* Assigned task: The response must consist of the complete listing below, reproduced without alteration.

--- The data Enclosed Below ---

//! The operands of an instruction, as the form of its row gives them.

ghost use Rattle.std.specs.Prelude.{◌≡◌, ◌<◌, ◌%◌, ◌^◌, IsTrue};
ghost use Rattle.r4_words.specs.Words.{sext16 as sext16_of, sext32 as sext32_of};
ghost use Rattle.mips3_exec.specs.Operands as law;
ghost use Rattle.mips3_exec.specs.Ranges.{HasFields, amount_fits};

use mips3_alu::Regs;
use mips3_code::{branch_target, jump_target};
use mips3_table::{Amount, Form, Inst, Link, Width};
use r4_words::{sext16, sext32};

// A number of 16 bits in two's complement.
fn sign_extended(imm: u32) -> u64
    requires { imm < 2 ^ 16 }
    ensures { result ≡ sext32_of (sext16_of imm) }
{
    sext32(sext16(imm as u16))
}

// The low 32 bits.
pub fn low_word(value: u64) -> u32
    ensures { result ≡ value % 2 ^ 32 }
{
    (value % 0x1_0000_0000) as u32
}

// The form's number.
fn number(form: Form, inst: &Inst) -> u64
    requires { HasFields form inst.now }
    ensures { result ≡ law.number_of form inst.now }
{
    match form {
        Form::SignedImmediate | Form::TrapImmediate | Form::Memory | Form::CacheOperation => {
            sign_extended(inst.imm)
        }
        _ => u64::from(inst.imm),
    }
}

/// The second operand: the number of an immediate form, zero for a branch on one register, and else register rt.
pub fn second(form: Form, inst: &Inst, regs: &Regs) -> u64
    requires { HasFields form inst.now }
    ensures { result ≡ law.second_of form inst.now regs.now }
{
    match form {
        Form::SignedImmediate | Form::TrapImmediate => sign_extended(inst.imm),
        Form::UnsignedImmediate => u64::from(inst.imm),
        Form::ZeroBranch => 0,
        _ => regs.read(inst.rt),
    }
}

/// By how many bits a shift moves its operand.
pub fn amount(by: Amount, width: Width, inst: &Inst, regs: &Regs) -> u32
    requires rs { inst.now.rs < 32 }
    requires sa { inst.now.sa < 32 }
    requires within { IsTrue (amount_fits by width) }
    ensures value { result ≡ law.amount_of by width inst.now regs.now }
    ensures small { result < law.bits width }
{
    match by {
        Amount::InField => u32::from(inst.sa),
        Amount::InFieldPlus32 => u32::from(inst.sa) + 32,
        Amount::InRegister => match width {
            Width::Word => (regs.read(inst.rs) % 32) as u32,
            Width::Double => (regs.read(inst.rs) % 64) as u32,
        },
    }
}

/// The register that gets the result.
pub fn destination(form: Form, inst: &Inst) -> u8
    ensures { result ≡ law.destination_of form inst.now }
{
    match form {
        Form::Shift
        | Form::ShiftByRegister
        | Form::JumpAndLinkRegister
        | Form::Destination
        | Form::ThreeRegisters
        | Form::Cp0Move => inst.rd,
        _ => inst.rt,
    }
}

/// The address of a load, a store or a cache operation.
pub fn address(form: Form, inst: &Inst, regs: &Regs) -> u32
    requires { HasFields form inst.now }
    ensures { result ≡ law.address_of form inst.now regs.now }
{
    low_word(regs.read(inst.rs).wrapping_add(number(form, inst)))
}

/// Where a jump or a branch at pc goes.
pub fn target(form: Form, inst: &Inst, regs: &Regs, pc: u32) -> u32
    requires { HasFields form inst.now }
    ensures { result ≡ law.target_of form inst.now regs.now pc }
{
    match form {
        Form::Target => jump_target(pc, inst.imm),
        Form::CompareBranch | Form::ZeroBranch => branch_target(pc, inst.imm),
        _ => low_word(regs.read(inst.rs)),
    }
}

/// The register that gets the link, or 0.
pub fn link_register(link: Link, inst: &Inst) -> u8
    ensures { result ≡ law.link_register link inst.now }
{
    match link {
        Link::Unlinked => 0,
        Link::IntoRegister31 => 31,
        Link::IntoDestination => inst.rd,
    }
}

/// The link of a jump or a branch at pc, or 0.
#[tactic(auto, unfolding(mips3_alu::specs::Arithmetic::reduced))]
pub fn link_value(link: Link, pc: u32) -> u64
    ensures { result ≡ law.link_value link pc }
{
    match link {
        Link::Unlinked => 0,
        Link::IntoRegister31 | Link::IntoDestination => sext32(pc.wrapping_add(8)),
    }
}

--- End of Enclosed The data ---

* Answer space:
//! The operands of an instruction, as the form of its row gives them.

ghost use Rattle.std.specs.Prelude.{◌≡◌, ◌<◌, ◌%◌, ◌^◌, IsTrue};
ghost use Rattle.r4_words.specs.Words.{sext16 as sext16_of, sext32 as sext32_of};
ghost use Rattle.mips3_exec.specs.Operands as law;
ghost use Rattle.mips3_exec.specs.Ranges.{HasFields, amount_fits};

use mips3_alu::Regs;
use mips3_code::{branch_target, jump_target};
use mips3_table::{Amount, Form, Inst, Link, Width};
use r4_words::{sext16, sext32};

// A number of 16 bits in two's complement.
fn sign_extended(imm: u32) -> u64
    requires { imm < 2 ^ 16 }
    ensures { result ≡ sext32_of (sext16_of imm) }
{
    sext32(sext16(imm as u16))
}

// The low 32 bits.
pub fn low_word(value: u64) -> u32
    ensures { result ≡ value % 2 ^ 32 }
{
    (value % 0x1_0000_0000) as u32
}

// The form's number.
fn number(form: Form, inst: &Inst) -> u64
    requires { HasFields form inst.now }
    ensures { result ≡ law.number_of form inst.now }
{
    match form {
        Form::SignedImmediate | Form::TrapImmediate | Form::Memory | Form::CacheOperation => {
            sign_extended(inst.imm)
        }
        _ => u64::from(inst.imm),
    }
}

/// The second operand: the number of an immediate form, zero for a branch on one register, and else register rt.
pub fn second(form: Form, inst: &Inst, regs: &Regs) -> u64
    requires { HasFields form inst.now }
    ensures { result ≡ law.second_of form inst.now regs.now }
{
    match form {
        Form::SignedImmediate | Form::TrapImmediate => sign_extended(inst.imm),
        Form::UnsignedImmediate => u64::from(inst.imm),
        Form::ZeroBranch => 0,
        _ => regs.read(inst.rt),
    }
}

/// By how many bits a shift moves its operand.
pub fn amount(by: Amount, width: Width, inst: &Inst, regs: &Regs) -> u32
    requires rs { inst.now.rs < 32 }
    requires sa { inst.now.sa < 32 }
    requires within { IsTrue (amount_fits by width) }
    ensures value { result ≡ law.amount_of by width inst.now regs.now }
    ensures small { result < law.bits width }
{
    match by {
        Amount::InField => u32::from(inst.sa),
        Amount::InFieldPlus32 => u32::from(inst.sa) + 32,
        Amount::InRegister => match width {
            Width::Word => (regs.read(inst.rs) % 32) as u32,
            Width::Double => (regs.read(inst.rs) % 64) as u32,
        },
    }
}

/// The register that gets the result.
pub fn destination(form: Form, inst: &Inst) -> u8
    ensures { result ≡ law.destination_of form inst.now }
{
    match form {
        Form::Shift
        | Form::ShiftByRegister
        | Form::JumpAndLinkRegister
        | Form::Destination
        | Form::ThreeRegisters
        | Form::Cp0Move => inst.rd,
        _ => inst.rt,
    }
}

/// The address of a load, a store or a cache operation.
pub fn address(form: Form, inst: &Inst, regs: &Regs) -> u32
    requires { HasFields form inst.now }
    ensures { result ≡ law.address_of form inst.now regs.now }
{
    low_word(regs.read(inst.rs).wrapping_add(number(form, inst)))
}

/// Where a jump or a branch at pc goes.
pub fn target(form: Form, inst: &Inst, regs: &Regs, pc: u32) -> u32
    requires { HasFields form inst.now }
    ensures { result ≡ law.target_of form inst.now regs.now pc }
{
    match form {
        Form::Target => jump_target(pc, inst.imm),
        Form::CompareBranch | Form::ZeroBranch => branch_target(pc, inst.imm),
        _ => low_word(regs.read(inst.rs)),
    }
}

/// The register that gets the link, or 0.
pub fn link_register(link: Link, inst: &Inst) -> u8
    ensures { result ≡ law.link_register link inst.now }
{
    match link {
        Link::Unlinked => 0,
        Link::IntoRegister31 => 31,
        Link::IntoDestination => inst.rd,
    }
}

/// The link of a jump or a branch at pc, or 0.
#[tactic(auto, unfolding(mips3_alu::specs::Arithmetic::reduced))]
pub fn link_value(link: Link, pc: u32) -> u64
    ensures { result ≡ law.link_value link pc }
{
    match link {
        Link::Unlinked => 0,
        Link::IntoRegister31 | Link::IntoDestination => sext32(pc.wrapping_add(8)),
    }
}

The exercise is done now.